OPEs, Path integrals some basic questions

Question

I have these basic questions about the OPEs and path integrals. In this question, I am considering string theory on worlds sheet with conformal gauge.

Q1. When we write OPE between two operators say $X(z,\bar{z})X(0,0)$ does it really mean the insertion of the product in the path integral?

As a mathematical expression is this correct for the OPE?

$$X(z_1,\bar{z}_1)X(z_2,\bar{z}_2)= \int \,[..] X(z_1,\bar{z}_1)X(z_2,\bar{z}_2) \exp(-S)\tag{1}$$

Where $S$ is the Polyakov action in the conformal gauge.

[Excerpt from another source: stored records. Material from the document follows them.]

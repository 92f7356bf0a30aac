//! Columns of the vertices behind a layer, and the basis of them.

ghost use Rattle.std.specs.Prelude.{◌≡◌, ◌<◌, ◌≤◌, ◌&&◌, ℕ, IfOk, [], length};
ghost use Rattle.mc_model.specs.Graph.{size};
ghost use Rattle.mc_graph.specs.Flows.{layer_in};
ghost use Rattle.mc_bits.specs.Rows.{bit_of};
ghost use Rattle.mc_elim.specs.Tables.{row_at};
ghost use Rattle.mc_least.specs.Columns.{is_from, is_candidate, column_of, AreColumns, IsBasisFor};

use mc_bits::{BitRow, Rows, Steps};
use mc_elim::Basis;
use mc_graph::{GFlow, OpenGraph};
use mc_model::Memory;
use std::alloc::Global;
use std::marker::Brand;
use std::sync::ledger::{Blank, Ledger};

fn is_from<const H: usize>(g: &OpenGraph<H>, f: &GFlow, k: u32, v: u16) -> bool
    requires { v < size g.now }
    ensures { result ≡ is_from g.now (layer_in f.now.rows) k v }
{
    !g.is_output(v) && k <= f.layer_of(v)
}

fn is_candidate<const H: usize>(g: &OpenGraph<H>, f: &GFlow, k: u32, w: u16) -> bool
    requires { w < size g.now }
    ensures { result ≡ is_candidate g.now (layer_in f.now.rows) k w }
{
    w >= g.inputs() && !is_from(g, f, k, w)
}

/// Whether a column is that of a candidate, and has the vertex.
fn is_kept<const H: usize>(g: &OpenGraph<H>, f: &GFlow, k: u32, candidate: bool, v: u16) -> bool
    requires { v < size g.now }
    ensures { result ≡ (candidate && is_from g.now (layer_in f.now.rows) k v) }
{
    candidate && is_from(g, f, k, v)
}

/// The neighbours of a candidate from the layer `k` on; for another vertex none.
fn column<const H: usize>(g: &OpenGraph<H>, f: &GFlow, k: u32, w: u16) -> BitRow
    requires { w < size g.now }
    ensures bits { (v : ℕ) → v < size g.now →
        bit_of result v ≡ column_of g.now (layer_in f.now.rows) k w v }
    ensures length { length result ≡ size g.now }
{
    let candidate = is_candidate(g, f, k, w);
    let mut column = BitRow::new(g.len());
    let neighbours = g.neighbours(w);
    'neighbours: for v in neighbours {
        column.flip_if(*v, is_kept(g, f, k, candidate, *v));
    }
    column
}

/// Writes the columns of all vertices.
fn write_columns<const H: usize>(g: &OpenGraph<H>, f: &GFlow, k: u32, columns: &mut Rows)
    requires { AreColumns g.now (layer_in f.now.rows) k 0 columns.old }
    ensures { AreColumns g.now (layer_in f.now.rows) k (size g.now) columns.new }
{
    'vertices: for w in 0..g.len() {
        *columns.row_mut(w) = column(g, f, k, w);
    }
}

/// A basis of the columns of all vertices.
pub(crate) fn basis_for<const H: usize>(
    alloc: Global,
    g: &OpenGraph<H>,
    f: &GFlow,
    k: u32,
) -> Result<Basis, Memory>
    ensures { IfOk result (IsBasisFor g.now (layer_in f.now.rows) k) }
{
    let n = g.len();
    let mut columns = Rows::new(alloc, n, n)?;
    write_columns(g, f, k, &mut columns);
    basis_of(alloc, &columns, n)
}

/// A basis of rows of bits as its columns.
fn basis_of(alloc: Global, columns: &Rows, n: u16) -> Result<Basis, Memory>
    requires small { n ≤ 256 }
    requires count { length columns.now ≡ n }
    requires width { (i : ℕ) → i < n → length (row_at columns.now i) ≡ n }
    ensures { IfOk result (λ basis. (basis.rows ≡ n) × (basis.columns ≡ columns.now)) }
{
    counted::<Brand>(alloc, columns, n, Blank::new(1))
}

/// The same, with a blank for a count that nobody reads.
fn counted<L: Ledger>(alloc: Global, columns: &Rows, n: u16, blank: Blank) -> Result<Basis, Memory>
    requires small { n ≤ 256 }
    requires count { length columns.now ≡ n }
    requires width { (i : ℕ) → i < n → length (row_at columns.now i) ≡ n }
    requires name { blank.name ≡ L.name }
    requires parts { (blank.parts ≡ L.parts) × (L.parts ≡ 1) }
    ensures { IfOk result (λ basis. (basis.rows ≡ n) × (basis.columns ≡ columns.now)) }
{
    let mut steps = Steps::<L>::new(blank);
    let mut basis = Basis::new(alloc, n, n)?;
    insert_all(columns, n, &mut basis, &mut steps);
    Ok(basis)
}

/// Inserts all rows as columns into a basis that has none.
fn insert_all<L: Ledger>(columns: &Rows, n: u16, basis: &mut Basis, steps: &mut Steps<L>)
    requires count { length columns.now ≡ n }
    requires width { (i : ℕ) → i < n → length (row_at columns.now i) ≡ n }
    requires sizes { (basis.old.rows ≡ n) × (basis.old.room ≡ n) }
    requires empty { basis.old.columns ≡ [] }
    ensures rows { basis.new.rows ≡ n }
    ensures columns { basis.new.columns ≡ columns.now }
{
    'columns: for w in 0..n {
        basis.insert(columns.row(w), steps);
    }
}
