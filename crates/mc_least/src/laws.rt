//! What is proved of bounds of depth.

ghost use Rattle.mc_least.specs.Laws.{ChosenBoundsAreUnique, ChosenBoundsExist};
ghost use Rattle.mc_least.specs.Laws.{ChosenFlowsAreEarliest};

/// A flow that gives each vertex its least layer has a bound of its own depth, whose sets are the
/// least that there are.
pub fn chosen_bounds_exist()
    ensures { ChosenBoundsExist }
{}

/// For the layers of a flow there is at most one bound whose sets are the least.
pub fn chosen_bounds_are_unique()
    ensures { ChosenBoundsAreUnique }
{}

/// The chosen flow of a graph has a chosen bound: it is a flow that gives each vertex its least layer.
pub fn chosen_flows_are_earliest()
    ensures { ChosenFlowsAreEarliest }
{}
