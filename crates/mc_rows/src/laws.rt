//! What the lines of rows are, on the contract of a function that does nothing.

ghost use Rattle.std.specs.Prelude.{◌≡◌, ◌<◌, ◌∷◌, [], ℕ, List, None, Some, true, drop, length};
ghost use Rattle.std.specs.Prelude.{slice_get};
ghost use Rattle.std.specs.List.{list_all};
ghost use Rattle.mc_lex.specs.Lines.{lines_of};
ghost use Rattle.mc_model.specs.Names.{Name, AreNames};
ghost use Rattle.mc_write.specs.Text.{text_of};
ghost use Rattle.mc_text.specs.declared.head.Head.TheVariants.{End};
ghost use Rattle.mc_text.specs.Judged.{Words, Lines, Place, first_in_section, section_lines};
ghost use Rattle.mc_text.specs.Judged.{behind_section};
ghost use Rattle.mc_rows.specs.declared.row.Shape.TheVariants.{Bare};
ghost use Rattle.mc_rows.specs.declared.row.Row.{Row as PlainRow};
ghost use Rattle.mc_rows.specs.Rows.{Shapes, rows_in};
ghost use Rattle.mc_rows.specs.Judge.{Kind, row_rules};
ghost use Rattle.mc_rows.specs.Written.{rows_lines, AreSound, IsWrittenHeader, IsWithin};

/// Reading takes the lines of sound rows behind a header, and gives the rows back.
pub fn rows_are_read()
    ensures clean { (kind : Kind) (names : List Name) (rows : List PlainRow) (header : Words) (end : Place)
        → AreNames names → kind.shape (Some End) ≡ Bare → AreSound kind names None [] rows
        → IsWrittenHeader header
        → first_in_section (row_rules kind names) []
        (drop 1 (lines_of (text_of (header ∷ rows_lines kind.shape names rows)))) end ≡ None }
    ensures whole { (kind : Kind) (names : List Name) (rows : List PlainRow) (header : Words)
        → AreNames names → kind.shape (Some End) ≡ Bare → AreSound kind names None [] rows
        → IsWrittenHeader header
        → behind_section (drop 1 (lines_of (text_of (header ∷ rows_lines kind.shape names rows)))) ≡ [] }
    ensures same { (kind : Kind) (names : List Name) (rows : List PlainRow) (header : Words)
        → AreNames names → kind.shape (Some End) ≡ Bare → AreSound kind names None [] rows
        → IsWrittenHeader header
        → rows_in kind.shape names (section_lines
        (drop 1 (lines_of (text_of (header ∷ rows_lines kind.shape names rows))))) ≡ rows }
{}

/// The names and the members of the rows that lines spell are those of names, where there are any, and each set is in
/// order.
pub fn rows_are_within()
    ensures { (shape : Shapes) (names : List Name) (lines : Lines) → 0 < length names
        → (i : ℕ) (row : PlainRow) → slice_get (rows_in shape names lines) i ≡ Some row
        → IsWithin (length names) row }
{}
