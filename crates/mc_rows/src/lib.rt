//! Sections of rows: each line says something of names that a section before has defined, as the rows of a change, of a
//! flow, of a refuter, of a stuck set or of a bound do.
//!
//! # How a kind is added
//!
//! 1. Its definitions: a `Kind` (`specs/Judge.antt`), which is the table of record words that may follow one another, the
//!    [`Shape`] of the row of each (`end` is `Bare`), whether `!` may stand in a set, and up to three rules of its own:
//!    of a record word by the rows before, of the name of a row, and of a member of a set. They speak of rows and numbers,
//!    not of words. Its rules are then `row_rules kind names`, and its value is a map over `rows_in shape names lines`.
//! 2. A struct that keeps the rows, with an `impl` of [`Rows`]: the table and the rules as code, `holds` (these are the rows
//!    that are kept) and `push`. What is known of a row there is `Passes`: no rule is against
//!    its record word, its name and its members.
//! 3. A reader of a few lines: [`RowReader::new`], then `mc_text::read_section`; what is kept is `reader.kind`. Its contract
//!    follows from that of `read_section`: `clean` and `err` speak of `row_rules`, and `read` gives `holds` of the rows; with
//!    `ended` of what is kept, the kind's rule of a record word was not against `end`.
//! 4. A printer: a header, [`print_row`] for each row with its [`Parts`], [`print_end`].
//! 5. Its law: [`rows_are_read`] says that the lines of rows that are sound (`AreSound`) are read without a fault and give
//!    the rows back, so what is left is that the value's rows are sound. [`rows_are_within`] says that names and members
//!    are below the number of names.
//!
//! The place of each fault, the order of the common rules before the kind's own, what is listed twice, sets as numbers, and
//! `!` where the kind permits it are proved here, once.
#![tactic(auto)]

mod kind;
mod laws;
mod print;
mod reader;
mod row;
mod steps;
#[cfg(test)]
mod tests;

pub use kind::Rows;
pub use laws::{rows_are_read, rows_are_within};
pub use print::{Parts, add_set, print_end, print_row};
pub use reader::RowReader;
pub use row::{Role, Row, Shape};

Q2. Say $Q$ is some conserved charge and $X(z,\bar{z})$ is some operator when we write the commutation $[Q, X(z,\bar{z})]$ for some conserved charge $Q$, it becomes a contour integral of time-ordered product between conserved current associated to $Q$ and $X(z,\bar{z})$. Then for that time-ordered product, we use the OPE derived using the path integral. So, does this means the commutator $[Q, X(z,\bar{z})]$ is actually inside the path integral, even though we do not write it explicitly?

Answer 1

1. OP's identification (1) is not correct: The path integral $\frac{1}{Z}\int\!{\cal D}X~F(X) e^{iS/\hbar}$ is equal to the correlation function $\langle F(X)\rangle$, not the operator $F(X)$ itself. Here the operator $F(X)$ could be an OPE.

2. For the relation between commutator and OPE, see e.g. this Phys.SE post.